ASHGABAT, Turkmenistan, October 6. A roundtable discussion in Ashgabat has launched a two-year project on sustainable agricultural soil management, organized jointly by the Ministry of Agriculture of Turkmenistan and the Food and Agriculture Organization of the United Nations (FAO), Trend reports.
The initiative is strategically formulated to enhance and
propagate optimal methodologies in soil stewardship nationwide.
The gathering convened a consortium of experts from the Ministry of
Agriculture, personnel from the Land Resources Service and
agrochemical laboratories, delegates from research institutes,
officials from the Ministry of Environmental Protection, and
stakeholders from farmers' associations.
In recent years, Turkmenistan has been steadily introducing modern technologies in land management. Among the key initiatives supported by FAO are the Global Soil Doctors Programme, which trains specialists in soil diagnostics and has already piloted field training in the Dashoguz region, and the CACILM-2 project on integrated natural resource management, which introduced erosion and salinization control technologies.

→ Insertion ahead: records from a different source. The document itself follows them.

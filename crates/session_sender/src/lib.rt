// Sends the messages of a call: whole in the free end of the receive buffer, or in pieces (000's sync.rs, `write_message`).
#![tactic(auto)]

ghost use Rattle.std.specs.Prelude.{false, ◌≡◌, ◌<◌, length};
ghost use Rattle.session.specs.Calls.{guarded};
ghost use Rattle.session.specs.State.{st, out, half, Fits};
ghost use Rattle.session.specs.Steps.{read_on};
ghost use Rattle.session.specs.Sends.{tidied, id_for, piece_reply, send_piece, message_out, sent, resumed, wrote_on};
ghost use Rattle.session_sender.specs.Pieces.{piece_sent, data_on, closing};

use request::Request;
use request_message::{compose_at, request_id};
use request_piece::{Piece, piece_at};
use session::{Answer, Misuse, Pending, Phase, Reply, Session, Stepped, Version, Want};
use session_messages::carried;
use session_pump::{read_on, tidy};

// The number of a request's id, in the session's table.
fn id_for(s: Session, q: Request) -> u32
    ensures { result ≡ id_for s q }
{
    s.ids.number(request_id(q))
}

fn piece_reply(from: usize, n: usize, p: Piece) -> Reply
    ensures { result ≡ piece_reply from n p }
{
    match p {
        Piece::Lent => Reply::WriteLent { at: from, len: n },
        bytes => Reply::WriteBytes(bytes),
    }
}

// The piece p goes out, as the k-th of its message (k + 1 in the session: 0 says that a message is out whole).
fn send_piece(s: Session, q: Request, from: usize, n: usize, k: usize, p: Piece) -> Stepped
    requires { k < 5 }
    ensures { result ≡ piece_sent s q from n k p }
{
    let pending = Pending::Writing {
        request: q,
        at: from,
        piece: k + 1,
    };
    Stepped {
        session: s.at(s.buf, pending),
        reply: piece_reply(from, n, p),
    }
}

// A message: after compaction whole in the free end where it fits, or its first piece.
fn message_out(s: Session, rx: &mut [u8], q: Request, from: usize, part: &[u8]) -> Stepped
    ensures { half result rx.new ≡ message_out s rx.old q from part.now }
{
    let buf = s.buf.compact(rx);
    let id = id_for(s, q);
    let Some(len) = compose_at(rx, buf.tail, id, q, part) else {
        let idle = s.at(buf, Pending::Idle);
        return send_piece(idle, q, from, part.len(), 0, piece_at(id, q, part, 0));
    };
    let pending = Pending::Writing {
        request: q,
        at: from,
        piece: 0,
    };
    Stepped {
        session: s.at(buf, pending),
        reply: Reply::WriteRx { at: buf.tail, len },
    }
}

// A message of nothing but its header.
fn send_header(s: Session, q: Request) -> Stepped
    ensures { result ≡ send_piece s q 0 0 0 }
{
    send_piece(s, q, 0, 0, 0, piece_at(id_for(s, q), q, b"", 0))
}

// A call's message: DONE and QUIT are header only, and empty data writes nothing.
#[tactic(auto, unfolding(session::specs::Sends::sent))]
pub fn send(s: Session, rx: &mut [u8], q: Request, from: usize, part: &[u8]) -> Stepped
    ensures { half result rx.new ≡ sent s rx.old q from part.now }
{
    match q {
        Request::Data if part.is_empty() => s.answering(Answer::Done),
        Request::Done(_) | Request::Quit => send_header(s, q),
        _ => message_out(s, rx, q, from, part),
    }
}

// The next message of a data call, or its end.
#[tactic(auto, using(crate::proofs::Laws::data_next))]
fn next_data(s: Session, rx: &mut [u8], from: usize, lent: &[u8]) -> Stepped
    ensures { half result rx.new ≡ data_on s rx.old from lent.now }
{
    let next = from + carried(Request::Data, from, lent).len();
    let part = carried(Request::Data, next, lent);
    send(s, rx, Request::Data, next, part)
}

// QUIT is out, or its write met an error: the close.
pub fn closing(s: Session, failed: bool, code: u32) -> Stepped
    ensures { result ≡ closing s failed code }
{
    Stepped {
        session: s.at(s.buf, Pending::Closing { failed, code }),
        reply: Reply::Close,
    }
}

// OKAY is read behind what is held.
fn read_okay(s: Session, rx: &mut [u8], msg: &mut [u8]) -> Stepped
    requires { Fits s (length rx.old) (length msg.old) }
    ensures { out result rx.new msg.new ≡ read_on (tidied (st s rx.old msg.old)) (Phase.Header Want.Okay) false }
{
    let front = tidy(s, rx);
    read_on(front, Phase::Header(Want::Okay), false, rx, msg)
}

// What follows a message that was accepted whole.
#[tactic(auto, using(session_pump::proofs::Parts::fitting), unfolding(session::specs::Sends::resumed))]
fn resume(
    s: Session,
    rx: &mut [u8],
    msg: &mut [u8],
    q: Request,
    from: usize,
    lent: &[u8],
) -> Stepped
    requires { Fits s (length rx.old) (length msg.old) }
    ensures { out result rx.new msg.new ≡ resumed (st s rx.old msg.old) q from lent.now }
{
    match q {
        Request::Stat => read_on(s, Phase::Header(Want::Stat(Version::V1)), false, rx, msg),
        Request::Sta2 => read_on(s, Phase::Header(Want::Stat(Version::V2)), false, rx, msg),
        Request::Data => next_data(s, rx, from, lent),
        Request::Done(_) => read_okay(s, rx, msg),
        Request::Quit => closing(s, false, 0),
        _ => s.answering(Answer::Done),
    }
}

// A piece was accepted: 0, the whole message; k, its k-th piece.
#[tactic(auto, using(crate::proofs::Laws::accepted), unfolding(session::specs::Calls::guarded))]
pub fn wrote(
    s: Session,
    rx: &mut [u8],
    msg: &mut [u8],
    q: Request,
    from: usize,
    k: usize,
    lent: &[u8],
) -> Stepped
    ensures { out result rx.new msg.new ≡ guarded (st s rx.old msg.old) (wrote_on (st s rx.old msg.old) q from k lent.now) }
{
    if s.misfit(rx.len(), msg.len()) {
        return s.misused(Misuse::Misplaced);
    }
    if k == 0 {
        return resume(s, rx, msg, q, from, lent);
    }
    let part = carried(q, from, lent);
    match piece_at(id_for(s, q), q, part, k) {
        Piece::End => resume(s, rx, msg, q, from, lent),
        p => send_piece(s, q, from, part.len(), k, p),
    }
}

The CACILM-2 initiative (Central Asian Countries Initiative for Land Management Phase 2) represented a collaborative effort between FAO and GEF, aimed at enhancing the scalability of Integrated Natural Resources Management (INRM) across the agricultural landscapes of Central Asia and Turkey, particularly those impacted by drought and salinity challenges. Initiated in 2018, the initiative sought to operationalize sustainable land management (SLM) methodologies, enhance the adaptive capacity of rural communities in response to climate variability, mitigate desertification processes, and optimize resource utilization efficiency.